This semester I am enrolled in five classes, like a typical full time student will be enrolled in. I take two classes on Mondays Wednesdays and Fridays that run 50 minutes long (similar to a high school class), two classes on Tuesdays and Thursdays that run an hour and fifteen minutes long, and a nigh class on Tuesdays from 6:30-9:00. Regardless of the times and days you take a class, a three-credit class at Bryant meets for two hours and thirty minutes a week. Compared to you a high school day where you take each class for fifty minutes five days a week, in college you are usually in class for only a couple of hours everyday. This means two things: you have much more free time on your hands, and you also have much more work to do outside of the classroom!
I am frequently asked on tours how much time I spend doing homework each day, and while I understand that that is a question most parents and students want to know about, it is not one with a definite answer. Each class and each professor is different; some may focus on smaller assignments throughout the semester and others may only have a midterm and a final. No matter what the format of the class is, it is important at any academic level to stay on top of all your classes. For me, there will be times in the semester where I will be crunched for time with due dates approaching, and other times where it will feel like I only have readings and less work to do. However, it is important to recognize the pace of the semester in order to try and stay ahead of long term assignments, because unlike high school, many courses at Bryant are mapped out for the entire four months, so you will know when tests and projects are coming up. I cannot stress enough that no matter where you go to school, utilize these long term plans so you are ready for what's up next!
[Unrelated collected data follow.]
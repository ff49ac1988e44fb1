//! A node from its words to its end.

ghost use Rattle.std.specs.Prelude.{◌≡◌, ◌≤◌, [], false, None, Some, Err, map, string_bytes, IfOk, IfErr, IfSome};
ghost use Rattle.std.specs.Prelude.{IsSome};
ghost use Rattle.lks_base.specs.Checking.{plan_fault};
ghost use Rattle.lks_base.specs.declared.plans.PeerPlan.{PeerPlan as Planned};
ghost use Rattle.lks_law.specs.World.{honest_peer};
ghost use Rattle.lks_node.specs.Complete.{Completes, HasWork};
ghost use Rattle.lks_node.specs.Promise.{ComesOver, HasEnded, IsScripted, IsUnscripted, Promise, Serves};
ghost use Rattle.lks_outside.specs.Counts.{Rose};

use crate::answering::answer_all;
use crate::ends::{NoScript, NodeEnd, Unready};
use crate::frames::{Frame, Unread, read_frame};
use crate::opening::open_journal;
use crate::statuses::NodeStatus;
use crate::words::asked;
use lks_base::{PeerId, Plan};
use lks_blocks::BlockPool;
use lks_disk::Disk;
use lks_outside::{EffortJudge, Sink, Source};
use lks_peer::find_honest;
use lks_script::{Script, read_script};
use lks_store::Opener;
use std::alloc::Global;
use std::sync::Wait;

/// The most bytes of a script.
const MOST_SCRIPT: u32 = 16_777_216;

/// The plan of the script in the first frame.
fn read_plan<S: Source>(alloc: Global, source: &mut S) -> Result<Plan, NoScript>
    ensures found { IfOk result (IsScripted (S.left source.old) (S.left source.new)) }
    ensures good { IfOk result (λ plan. plan_fault plan ≡ None) }
    ensures none { IfErr result (IsUnscripted (S.left source.old)) }
    ensures failed { result ≡ Err (NoScript.Unread Unread.Failed) → Rose (S.faults source.old) (S.faults source.new) }
    ensures count { S.faults source.old ≤ S.faults source.new }
{
    let body = match read_frame(alloc, source, MOST_SCRIPT) {
        Ok(Frame::Whole(body)) => body,
        Ok(Frame::End | Frame::Broken) => return Err(NoScript::Unframed),
        Err(unread) => return Err(NoScript::Unread(unread)),
    };
    match read_script(alloc, &body) {
        Ok(Script { plan, .. }) => Ok(plan),
        Err(fault) => Err(NoScript::Unsaid(fault)),
    }
}

/// Runs an honest peer of a plan over its store.
fn serve<R: Wait, S: Source, K: Sink, D: Disk, J: EffortJudge>(
    alloc: Global,
    rt: &R,
    plan: &Plan,
    id: PeerId,
    source: &mut S,
    sink: &mut K,
    store: D,
    judge: &mut J,
) -> (NodeEnd, D)
    requires good { plan_fault plan.now ≡ None }
    requires honest { IsSome (honest_peer id plan.now) }
    requires unfused { D.face.fused store ≡ false }
    requires unasked { J.heard judge.old ≡ [] }
    ensures comes { (p : Planned) → honest_peer id plan.now ≡ Some p →
        Serves D.face (J.verdict judge.old) plan.now p (S.left source.old) (K.taken sink.old) (K.taken sink.new)
        (J.heard judge.new) store result.1 result.0 }
    ensures cause { HasEnded (S.faults source.old) (S.faults source.new) (D.face.faults store)
        (D.face.faults result.1) (K.faults sink.old) (K.faults sink.new) result.0 }
    ensures source_count { S.faults source.old ≤ S.faults source.new }
    ensures count { D.face.faults store ≤ D.face.faults result.1 }
    ensures sink_count { K.faults sink.old ≤ K.faults sink.new }
    ensures same { J.verdict judge.new ≡ J.verdict judge.old }
{
    let pool = match BlockPool::new(alloc) {
        Ok(pool) => pool,
        Err(_) => return (NodeEnd::Unready(Unready::Memory), store),
    };
    match open_journal(alloc, rt, &pool, plan, id, store) {
        Ok(node) => {
            let mut node = node;
            let stop = answer_all(alloc, rt, &pool, plan, &mut node, source, sink, judge);
            (NodeEnd::Answered(stop), node.host.into_disk())
        }
        Err((store, unready)) => (NodeEnd::Unready(unready), store),
    }
}

/// Runs a peer of the script in the first frame, if it has one of this number, over its store.
fn run_on<R: Wait, S: Source, K: Sink, D: Disk, J: EffortJudge>(
    alloc: Global,
    rt: &R,
    id: PeerId,
    source: &mut S,
    sink: &mut K,
    store: D,
    judge: &mut J,
) -> (NodeEnd, D)
    requires unfused { D.face.fused store ≡ false }
    requires unasked { J.heard judge.old ≡ [] }
    ensures comes { ComesOver D.face (J.verdict judge.old) id (S.left source.old) (K.taken sink.old)
        (K.taken sink.new) (J.heard judge.new) store result.1 result.0 }
    ensures cause { HasEnded (S.faults source.old) (S.faults source.new) (D.face.faults store)
        (D.face.faults result.1) (K.faults sink.old) (K.faults sink.new) result.0 }
    ensures source_count { S.faults source.old ≤ S.faults source.new }
    ensures count { D.face.faults store ≤ D.face.faults result.1 }
    ensures sink_count { K.faults sink.old ≤ K.faults sink.new }
    ensures same { J.verdict judge.new ≡ J.verdict judge.old }
{
    let plan = match read_plan(alloc, source) {
        Ok(plan) => plan,
        Err(none) => return (NodeEnd::Unscripted(none), store),
    };
    if find_honest(plan.peers.as_slice(), id).is_none() {
        return (NodeEnd::Strange, store);
    }
    serve(alloc, rt, &plan, id, source, sink, store, judge)
}

/// Runs one honest peer, with its journal on a store that the words name. Frames come in, each is answered by a frame
/// once what it adds is on the store, and a run that was stopped at any moment goes on from its store. The store is
/// handed back.
pub fn node<R: Wait, S: Source, K: Sink, O: Opener, J: EffortJudge>(
    alloc: Global,
    rt: &R,
    words: &[String],
    source: &mut S,
    sink: &mut K,
    opener: &mut O,
    judge: &mut J,
) -> (NodeStatus, Option<O::Store>)
    requires unasked { J.heard judge.old ≡ [] }
    ensures promise { Promise O.Store.face (J.verdict judge.old)
        (record {
          tells = O.tells opener.old;
          content = O.content opener.old;
          faults = O.store_faults opener.old;
        }) (map string_bytes words.now) (S.left source.old) (K.taken sink.old)
        (K.taken sink.new) (J.heard judge.new) result.0 result.1 }
    ensures read { result.0 ≡ NodeStatus.ReadFault → Rose (S.faults source.old) (S.faults source.new) }
    ensures write { result.0 ≡ NodeStatus.WriteFault → Rose (K.faults sink.old) (K.faults sink.new) }
    ensures open { result.0 ≡ NodeStatus.OpenFault → Rose (O.faults opener.old) (O.faults opener.new) }
    ensures disk { result.0 ≡ NodeStatus.DiskFault
        → IfSome result.1 (λ store. Rose (O.store_faults opener.old) (O.Store.face.faults store)) }
    // With work to do, and where no fault is counted, all of it is done, or memory is wanting.
    ensures complete { HasWork (J.verdict judge.old)
        (record {
          tells = O.tells opener.old;
          content = O.content opener.old;
          faults = O.store_faults opener.old;
        }) (map string_bytes words.now) (S.left source.old)
        → IfSome result.1 O.Store.face.told → (Rose (S.faults source.old) (S.faults source.new) → ⊥)
        → (Rose (K.faults sink.old) (K.faults sink.new) → ⊥)
        → (Rose (O.faults opener.old) (O.faults opener.new) → ⊥)
        → IfSome result.1 (λ store. Rose (O.store_faults opener.old) (O.Store.face.faults store) → ⊥)
        → Completes result.0 }
    ensures source_count { S.faults source.old ≤ S.faults source.new }
    ensures sink_count { K.faults sink.old ≤ K.faults sink.new }
    ensures opener_count { O.faults opener.old ≤ O.faults opener.new }
    ensures same { J.verdict judge.new ≡ J.verdict judge.old }
{
    let Some((id, path)) = asked(words) else {
        return (NodeEnd::Unnamed.status(), None);
    };
    match opener.open_store(path) {
        Ok(store) => {
            let (end, store) = run_on(alloc, rt, id, source, sink, store, judge);
            (end.status(), Some(store))
        }
        Err(stop) => (NodeEnd::Unopened(stop).status(), None),
    }
}
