//! How a run of a node ends.

ghost use Rattle.std.specs.Prelude.{◌≡◌};
ghost use Rattle.lks_node.specs.Codes.{code_of};

/// The answer of a run of a node.
#[derive(Clone, Copy, Debug, PartialEq, Eq)]
pub enum NodeStatus {
    /// The source ended at the end of a frame, and each frame was answered.
    Done,
    /// The words aren't the number of a peer and a path.
    Usage,
    /// The first frame isn't a script. `line` is its first bad line, counted from 1.
    BadScript { line: u32 },
    ReadFault,
    WriteFault,
    /// The count of faults of the store rose.
    DiskFault,
    NoMemory,
    /// The store holds a journal that isn't this peer's: the batch at this place, counted from 0, is the first that it
    /// wouldn't have written.
    Foreign { batch: u32 },
    /// This frame, counted from 0, isn't whole, is too long, or tells nothing.
    BadFrame { index: u32 },
    OpenFault,
    /// The journal has no room for one batch more, or is too long to be read.
    Full,
    /// There are more than 4,096 frames behind the first.
    TooMany,
    /// The script has no honest peer of this number.
    Stranger,
    /// The store holds no journal: the frame whose gate stands at this offset passes its end.
    Damaged { offset: u64 },
}

impl NodeStatus {
    /// The program's exit code.
    pub fn code(self) -> u8
        ensures { result ≡ code_of self }
    {
        match self {
            NodeStatus::Done => 0,
            NodeStatus::Usage => 2,
            NodeStatus::BadScript { .. } => 3,
            NodeStatus::ReadFault => 4,
            NodeStatus::WriteFault => 5,
            NodeStatus::DiskFault => 6,
            NodeStatus::NoMemory => 7,
            NodeStatus::Foreign { .. } => 10,
            NodeStatus::BadFrame { .. } => 11,
            NodeStatus::OpenFault => 12,
            NodeStatus::Full => 13,
            NodeStatus::TooMany => 14,
            NodeStatus::Stranger => 15,
            NodeStatus::Damaged { .. } => 16,
        }
    }
}
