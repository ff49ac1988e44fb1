//! What a frame tells a node.
ghost use Rattle.std.specs.Prelude.{◌≡◌, IfOk, IfSome};
ghost use Rattle.lks_law.specs.Facts.{IsHeard};
ghost use Rattle.lks_node.specs.Going.{IsTaken};
ghost use Rattle.lks_law.specs.World.{own_deed_of};
ghost use Rattle.lks_node.specs.Orders.{heard_in, told_in, passed_in, order_in, own_order};

use lks_base::{Bytes, Input, MOST_TICKS, OutOfMemory, PeerId, PeerStep, Plan, has_peer};
use lks_script::{Step, read_step};
use std::alloc::Global;
use std::marker::Model;

/// What a frame tells a node.
#[derive(Drop)]
pub enum Order {
    /// Bytes came from a peer.
    Hear { from: PeerId, bytes: Bytes },
    /// The peer is to do this.
    Do { input: Input },
    /// The clock moves on.
    Pass { ticks: u32 },
}

/// Who acts, and what it is to that peer.
#[derive(Drop)]
struct Deed {
    peer: PeerId,
    input: Input,
}

impl Model for Deed {
    ghost use Rattle.lks_law.specs.World.{Deed as Done};

    ghost Value = { Done };

    ghost view = { λ a. record { peer = a.peer; input = a.input } };
}

/// A step other than a delivery, and whose it is.
#[tactic(auto, unfolding(lks_law::specs::World::own_deed_of))]
fn deed_of(s: PeerStep) -> Option<Deed>
    ensures deed { result ≡ own_deed_of s }
    ensures heard { IfSome result (λ d. IsHeard d.input) }
{
    let (peer, input) = match s {
        PeerStep::OpenPoll { peer, au } => (peer, Input::OpenPoll { au }),
        PeerStep::Widen { peer, number } => (peer, Input::Widen { number }),
        PeerStep::Shut { peer, number } => (peer, Input::Shut { number }),
        PeerStep::Tally { peer, number } => (peer, Input::Tally { number }),
        PeerStep::Nudge { peer, number } => (peer, Input::Nudge { number }),
        PeerStep::GiveUp { peer, number } => (peer, Input::GiveUp { number }),
        PeerStep::Work { peer, poll } => (peer, Input::Work { poll }),
        PeerStep::Expire { peer, poll } => (peer, Input::Expire { poll }),
        PeerStep::Check { peer } => (peer, Input::Check),
        PeerStep::Tune {
            peer,
            quorum,
            minority,
            repairs,
        } => (
            peer,
            Input::Tune {
                quorum,
                minority,
                repairs,
            },
        ),
        PeerStep::Deliver { .. } => return None,
    };
    Some(Deed { peer, input })
}

/// What the step is to this peer, if it is one of its own.
#[tactic(auto, unfolding(crate::specs::Orders::own_order))]
fn order_by(id: PeerId, step: &Step) -> Option<Order>
    ensures order { result ≡ own_order id step.now }
    ensures taken { IfSome result IsTaken }
{
    let step = match step {
        Step::Peer(step) => *step,
        Step::Tick { .. }
        | Step::Next { .. }
        | Step::Lose
        | Step::Again { .. }
        | Step::Settle
        | Step::Finish
        | Step::Forge { .. }
        | Step::SayPoll { .. }
        | Step::SayProof { .. }
        | Step::SayRequest { .. }
        | Step::SayReceipt { .. }
        | Step::SayChallenge { .. }
        | Step::SayNominate { .. }
        | Step::SayVote { .. }
        | Step::SayRepair { .. }
        | Step::Crash { .. }
        | Step::Cut { .. } => return None,
    };
    let Deed { peer, input } = deed_of(step)?;
    if peer == id {
        Some(Order::Do { input })
    } else {
        None
    }
}

/// Bytes behind the number of their sender, who is another peer of the plan.
#[tactic(auto, unfolding(crate::specs::Orders::heard_in))]
fn hear(alloc: Global, plan: &Plan, id: PeerId, rest: &[u8]) -> Result<Option<Order>, OutOfMemory>
    ensures order { IfOk result (λ o. o ≡ heard_in plan.now id rest.now) }
    ensures taken { IfOk result (λ o. IfSome o IsTaken) }
{
    let [high, low, bytes @ ..] = rest else {
        return Ok(None);
    };
    let from = PeerId::from_be_bytes([*high, *low]);
    if from == id || !has_peer(plan.peers.as_slice(), from) {
        return Ok(None);
    }
    let bytes = Bytes::from_vec(bytes.to_vec(alloc)?);
    Ok(Some(Order::Hear { from, bytes }))
}

/// A step line of this peer, without its line feed.
#[tactic(auto, unfolding(crate::specs::Orders::told_in))]
fn tell(alloc: Global, plan: &Plan, id: PeerId, line: &[u8]) -> Result<Option<Order>, OutOfMemory>
    ensures order { IfOk result (λ o. o ≡ told_in plan.now id line.now) }
    ensures taken { IfOk result (λ o. IfSome o IsTaken) }
{
    match read_step(alloc, plan, line)? {
        Some(step) => Ok(order_by(id, &step)),
        None => Ok(None),
    }
}

/// A number of ticks.
#[tactic(auto, unfolding(crate::specs::Orders::passed_in))]
fn pass(rest: &[u8]) -> Option<Order>
    ensures order { result ≡ passed_in rest.now }
    ensures taken { IfSome result IsTaken }
{
    let [a, b, c, d] = rest else {
        return None;
    };
    let ticks = u32::from_be_bytes([*a, *b, *c, *d]);
    if 1 <= ticks && ticks <= MOST_TICKS {
        Some(Order::Pass { ticks })
    } else {
        None
    }
}

/// What the body of a frame tells the peer of this number, by its first byte, if it tells something.
#[tactic(auto, unfolding(crate::specs::Orders::order_in))]
pub fn read_order(
    alloc: Global,
    plan: &Plan,
    id: PeerId,
    body: &[u8],
) -> Result<Option<Order>, OutOfMemory>
    ensures order { IfOk result (λ o. o ≡ order_in plan.now id body.now) }
    ensures taken { IfOk result (λ o. IfSome o IsTaken) }
{
    match body {
        [1, rest @ ..] => hear(alloc, plan, id, rest),
        [2, line @ ..] => tell(alloc, plan, id, line),
        [3, rest @ ..] => Ok(pass(rest)),
        _ => Ok(None),
    }
}
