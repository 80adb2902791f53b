//! Laws of the format, and of a file that is read part by part.

ghost use Rattle.std.specs.Prelude.{◌≡◌, ◌+◌, ◌*◌, ◌<◌, ◌≤◌, ◌^◌, ◌++◌, ℕ, List, [], length, take, drop, sum, map, not, slice_index, slice_index_or, IsTrue, Some, None, option_map, All};
ghost use Rattle.std.specs.List.{position};
ghost use Rattle.std.specs.Option.{option_or};
ghost use Rattle.gm_base.specs.declared.edge.Edge.{Edge};
ghost use Rattle.gm_base.specs.declared.limits.TheConstants.{MAX_EDGES, MAX_PARTS};
ghost use Rattle.gm_base.specs.Dimensions.{Dimensions};
ghost use Rattle.gm_grid.specs.declared.sizes.TheConstants.{EDGE_SIZE, HEAD_SIZE};
ghost use Rattle.gm_grid.specs.Format.{dimensions_of, edge_bytes, edges_of_grid, is_in_block, IsGrid};
ghost use Rattle.gm_grid.specs.GridBytes.{shape_of_head, edge_of_bytes, edges_of_bytes, blocks_of, placed_edges, index_end, grid_file_size, shape_in, counts_in, edges_in, blocks_in};
ghost use Rattle.gm_grid.specs.GridRefusals.{short_refusal, head_refusal, index_refusal, size_refusal, is_misplaced, refusal_by_head, refusal_by_index, refusal_by_chunks, refusal_by_edges, grid_refusal, HasGoodHead, HasGoodIndex};

use crate::GridError;

/// A law: bytes that aren't refused are a grid, and a grid is refused for nothing but too many chunks.
pub fn refused_where_no_grid()
    ensures accepted { (chunk_size : ℕ) (bytes : List ℕ)
        → All (λ byte. byte < 256) bytes
        → grid_refusal chunk_size bytes ≡ None
        → IsGrid bytes (shape_in bytes).n (shape_in bytes).parts (blocks_in bytes) }
    ensures grid { (chunk_size : ℕ) (bytes : List ℕ) (n parts : ℕ) (blocks : List (List Edge))
        → IsGrid bytes n parts blocks
        → grid_refusal chunk_size bytes ≡ refusal_by_chunks chunk_size (map (λ edges. length edges) blocks) }
{}

/// A law: from a chunk size of 32 on, there are never too many chunks.
pub fn few_chunks()
    ensures { (chunk_size : ℕ) (counts : List ℕ)
        → 32 ≤ chunk_size
        → sum counts ≤ MAX_EDGES
        → length counts ≤ MAX_PARTS * MAX_PARTS
        → refusal_by_chunks chunk_size counts ≡ None }
{}

/// A law: bytes are the file of one grid at most.
pub fn no_other_reading()
    ensures { (bytes : List ℕ) (n m parts ranges : ℕ) (blocks others : List (List Edge))
        → IsGrid bytes n parts blocks
        → IsGrid bytes m ranges others
        → ((n ≡ m) × (parts ≡ ranges) × (blocks ≡ others)) }
{}

/// A law: a grid's file tells its shape, how many edges each block has, and its edges, and has the size of all of them.
pub fn grid_reads_back()
    ensures shape { (bytes : List ℕ) (n parts : ℕ) (blocks : List (List Edge))
        → IsGrid bytes n parts blocks
        → shape_in bytes ≡ dimensions_of n parts }
    ensures counts { (bytes : List ℕ) (n parts : ℕ) (blocks : List (List Edge))
        → IsGrid bytes n parts blocks
        → counts_in bytes ≡ map (λ edges. length edges) blocks }
    ensures edges { (bytes : List ℕ) (n parts : ℕ) (blocks : List (List Edge))
        → IsGrid bytes n parts blocks
        → edges_in bytes ≡ edges_of_grid blocks }
    ensures size { (bytes : List ℕ) (n parts : ℕ) (blocks : List (List Edge))
        → IsGrid bytes n parts blocks
        → length bytes ≡ grid_file_size (length blocks) (length (edges_of_grid blocks)) }
{}

/// A law: the bytes of an edge are read as the edge.
pub fn edge_reads_back()
    ensures { (e : Edge)
        → e.from < 2 ^ 32
        → e.to < 2 ^ 32
        → e.weight < 2 ^ 32
        → edge_of_bytes (edge_bytes e) ≡ e }
{}

/// A law: a file is refused by its head, by its index, by its chunks and by its edges, in this order.
#[tactic(auto, using(crate::specs::GridRefusalsRules::refused_by_stages))]
pub fn refused_by_stages()
    ensures head { (chunk_size : ℕ) (bytes : List ℕ) (e : GridError)
        → refusal_by_head (length bytes) (take HEAD_SIZE bytes) ≡ Some e
        → grid_refusal chunk_size bytes ≡ Some e }
    ensures index { (chunk_size : ℕ) (bytes : List ℕ) (e : GridError)
        → HasGoodHead bytes
        → refusal_by_index (length bytes) (counts_in bytes) ≡ Some e
        → grid_refusal chunk_size bytes ≡ Some e }
    ensures chunks { (chunk_size : ℕ) (bytes : List ℕ) (e : GridError)
        → HasGoodHead bytes
        → HasGoodIndex bytes
        → refusal_by_chunks chunk_size (counts_in bytes) ≡ Some e
        → grid_refusal chunk_size bytes ≡ Some e }
    ensures edges { (chunk_size : ℕ) (bytes : List ℕ)
        → HasGoodHead bytes
        → HasGoodIndex bytes
        → refusal_by_chunks chunk_size (counts_in bytes) ≡ None
        → grid_refusal chunk_size bytes
        ≡ refusal_by_edges (shape_in bytes) (counts_in bytes) (edges_in bytes) }
{}

/// A law: by its head a file is refused for being too short for one, then for the head, then for being too short for the index, and by
/// its index for too many edges, then for its size.
#[tactic(auto, using(crate::specs::GridRefusalsRules::refused_by_stages))]
pub fn refused_by_steps()
    ensures short { (size : ℕ) (head : List ℕ)
        → size < HEAD_SIZE
        → refusal_by_head size head ≡ Some (GridError.BadSize size HEAD_SIZE) }
    ensures head { (size : ℕ) (head : List ℕ) (e : GridError)
        → HEAD_SIZE ≤ size
        → head_refusal head ≡ Some e
        → refusal_by_head size head ≡ Some e }
    ensures short_index { (size : ℕ) (head : List ℕ)
        → HEAD_SIZE ≤ size
        → head_refusal head ≡ None
        → refusal_by_head size head ≡ short_refusal size (index_end (shape_of_head head)) }
    ensures index { (size : ℕ) (counts : List ℕ) (e : GridError)
        → index_refusal counts ≡ Some e
        → refusal_by_index size counts ≡ Some e }
    ensures size { (size : ℕ) (counts : List ℕ)
        → index_refusal counts ≡ None
        → refusal_by_index size counts ≡ size_refusal size (grid_file_size (length counts) (sum counts)) }
{}

/// A law: bytes that neither their head nor their index refuses are a grid where each edge is in its block, and else the first
/// edge that isn't is the bad one, by its number in the file.
pub fn grid_by_parts()
    ensures grid { (bytes : List ℕ)
        → All (λ byte. byte < 256) bytes
        → HasGoodHead bytes
        → HasGoodIndex bytes
        → ((block : ℕ) → All (λ e. IsTrue (is_in_block (shape_in bytes) block e))
        (slice_index_or (blocks_in bytes) block []))
        → IsGrid bytes (shape_in bytes).n (shape_in bytes).parts (blocks_in bytes) }
    ensures edges { (bytes : List ℕ)
        → HasGoodHead bytes
        → HasGoodIndex bytes
        → edges_of_grid (blocks_in bytes) ≡ edges_in bytes }
    ensures sizes { (bytes : List ℕ)
        → HasGoodHead bytes
        → HasGoodIndex bytes
        → ((sum (counts_in bytes) ≡ length (edges_in bytes))
        × (length bytes ≡ index_end (shape_in bytes) + EDGE_SIZE * length (edges_in bytes))) }
    ensures bad_edge { (chunk_size place : ℕ) (bytes : List ℕ)
        → HasGoodHead bytes
        → HasGoodIndex bytes
        → refusal_by_chunks chunk_size (counts_in bytes) ≡ None
        → position (is_misplaced (shape_in bytes)) (placed_edges 0 (blocks_in bytes)) ≡ Some place
        → grid_refusal chunk_size bytes ≡ Some (GridError.BadEdge place) }
{}

/// A law: the edges of some of a file's bytes are those at their places, by their numbers in the file and among those of their
/// block.
pub fn edges_by_parts()
    ensures part { (first count : ℕ) (bytes : List ℕ)
        → edges_of_bytes (take (EDGE_SIZE * count) (drop (index_end (shape_in bytes) + EDGE_SIZE * first) bytes))
        ≡ take count (drop first (edges_in bytes)) }
    ensures joined { (count : ℕ) (xs ys : List ℕ)
        → length xs ≡ EDGE_SIZE * count
        → edges_of_bytes (xs ++ ys) ≡ edges_of_bytes xs ++ edges_of_bytes ys }
    ensures placed { (counts : List ℕ) (edges : List Edge) (block place count : ℕ)
        → sum counts ≡ length edges
        → block < length counts
        → place + count ≤ slice_index counts block
        → take count (drop (sum (take block counts) + place) (placed_edges 0 (blocks_of counts edges)))
        ≡ map (λ e. (block, e)) (take count (drop (sum (take block counts) + place) edges)) }
{}

/// A law: the first misplaced edge is looked for in one part after another, and within a block by its test.
#[tactic(auto, using(crate::specs::GridRefusalsRules::misplaced_by_parts))]
pub fn misplaced_by_parts()
    ensures joined { (d : Dimensions) (xs ys : List (ℕ × Edge))
        → position (is_misplaced d) (xs ++ ys)
        ≡ option_or (position (is_misplaced d) xs)
        (option_map (λ place. length xs + place) (position (is_misplaced d) ys)) }
    ensures block { (d : Dimensions) (block : ℕ) (edges : List Edge)
        → position (is_misplaced d) (map (λ e. (block, e)) edges)
        ≡ position (λ e. not (is_in_block d block e)) edges }
{}
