//! The kernel of the job that ranks vertices, in fixed-point numbers, and the count of out-degrees that it needs.
#![tactic(auto)]

mod fixed_point;
pub mod laws;
mod passes;
#[cfg(test)]
mod tests;

pub use fixed_point::Rank;
pub use passes::{MAX_DEGREE, count_pass, pass_shares, take_shares};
One of the big reasons I decided to attend Bryant University was because of the academic environment and services I knew I would be able to take advantage of here. Our average class size is 28 students, and I personally have never had a class even that large. I succeeded in smaller learning environments in high school, and one of my biggest fears going to college was that I would be stuck in the back of an auditorium listening to a professor who I could barely hear. Bryant has provided with small classrooms and engaging professors, academic scenarios that have really helped me learn. Here's a look at a the typical size classroom at Bryant:
Bryant also has an ample amount of academic resources that have also helped myself and many other students keep control of the college workload. The Center For Teaching and Learning is a giant tutoring service at Bryant with both professional and student tutors in all areas of study. You can go there to have your paper proofread, make a personal appointment with a professional staff member, or even just sit in a quiet space to do your finance homework. The Center for Teaching and Learning, while providing many others services as well, offers me a security blanket when I am having trouble in a class because I know I will be able to receive the help I need from a service included in my tuition. To learn more about The Center for Teaching and Learning, check out their website here: http://www.bryant.edu/about/centers-and-institutes/ctl.htm
I hope this may have helped any potential fears about college classes at Bryant University and beyond. Remember, if you put the time in you will do well!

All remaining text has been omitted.